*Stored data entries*
= Beginning of Section =

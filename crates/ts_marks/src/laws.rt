//! Laws of marked trees: no value goes in or out, and what is said of definitions holds.
ghost use Rattle.std.specs.Prelude.{◌≡◌, ◌+◌, ◌<◌, ℕ, true, false, slice_get};
ghost use Rattle.ts_base.specs.Bytes.{Bytes};
ghost use Rattle.ts_text.specs.declared.edit.Edit.{Edit};
ghost use Rattle.ts_text.specs.Edit.{InRange, apply_of};
ghost use Rattle.spec_trees.specs.declared.tree.Tree.{Tree};
ghost use Rattle.spec_trees.specs.Trees.{is_settled, span_of};
ghost use Rattle.spec_reuse.specs.Places.{IsInTree, IsWhole};
ghost use Rattle.spec_reuse.specs.Changes.{is_met, moved, IsEditOver};
ghost use Rattle.spec_reuse.specs.Marked.{marked};
ghost use Rattle.ts_marks.specs.Kept.{WasClear};

/// A settled node of a marked tree was below the tree's root, at a place that the edit moves to its
/// new one, and no part of the edit meets what was examined for it.
pub fn settled_nodes_were_clear()
    ensures { (edit : Edit) (t u : Tree) (at : ℕ) → IsWhole t → IsEditOver (span_of t) edit
        → IsInTree (marked edit t) u at → is_settled u ≡ true → WasClear edit t u at }
{}

/// The bytes that no part of an edit meets stand in the new text, where the edit moves their place;
/// so does the end of the text, where it is among them.
pub fn clear_bytes_stay()
    ensures { (text : Bytes) (edit : Edit) (place extent k : ℕ) → InRange text edit
        → is_met edit.parts place extent ≡ false → k < extent
        → slice_get (apply_of text edit) (moved edit place + k) ≡ slice_get text (place + k) }
{}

= End of Section =

*Work order*
Using the exact wording, write out all of the records.

*Answer section*
filename crates/ts_marks/src/laws.rt
//! Laws of marked trees: no value goes in or out, and what is said of definitions holds.
ghost use Rattle.std.specs.Prelude.{◌≡◌, ◌+◌, ◌<◌, ℕ, true, false, slice_get};
ghost use Rattle.ts_base.specs.Bytes.{Bytes};
ghost use Rattle.ts_text.specs.declared.edit.Edit.{Edit};
ghost use Rattle.ts_text.specs.Edit.{InRange, apply_of};
ghost use Rattle.spec_trees.specs.declared.tree.Tree.{Tree};
ghost use Rattle.spec_trees.specs.Trees.{is_settled, span_of};
ghost use Rattle.spec_reuse.specs.Places.{IsInTree, IsWhole};
ghost use Rattle.spec_reuse.specs.Changes.{is_met, moved, IsEditOver};
ghost use Rattle.spec_reuse.specs.Marked.{marked};
ghost use Rattle.ts_marks.specs.Kept.{WasClear};

/// A settled node of a marked tree was below the tree's root, at a place that the edit moves to its
/// new one, and no part of the edit meets what was examined for it.
pub fn settled_nodes_were_clear()
    ensures { (edit : Edit) (t u : Tree) (at : ℕ) → IsWhole t → IsEditOver (span_of t) edit
        → IsInTree (marked edit t) u at → is_settled u ≡ true → WasClear edit t u at }
{}

/// The bytes that no part of an edit meets stand in the new text, where the edit moves their place;
/// so does the end of the text, where it is among them.
pub fn clear_bytes_stay()
    ensures { (text : Bytes) (edit : Edit) (place extent k : ℕ) → InRange text edit
        → is_met edit.parts place extent ≡ false → k < extent
        → slice_get (apply_of text edit) (moved edit place + k) ≡ slice_get text (place + k) }
{}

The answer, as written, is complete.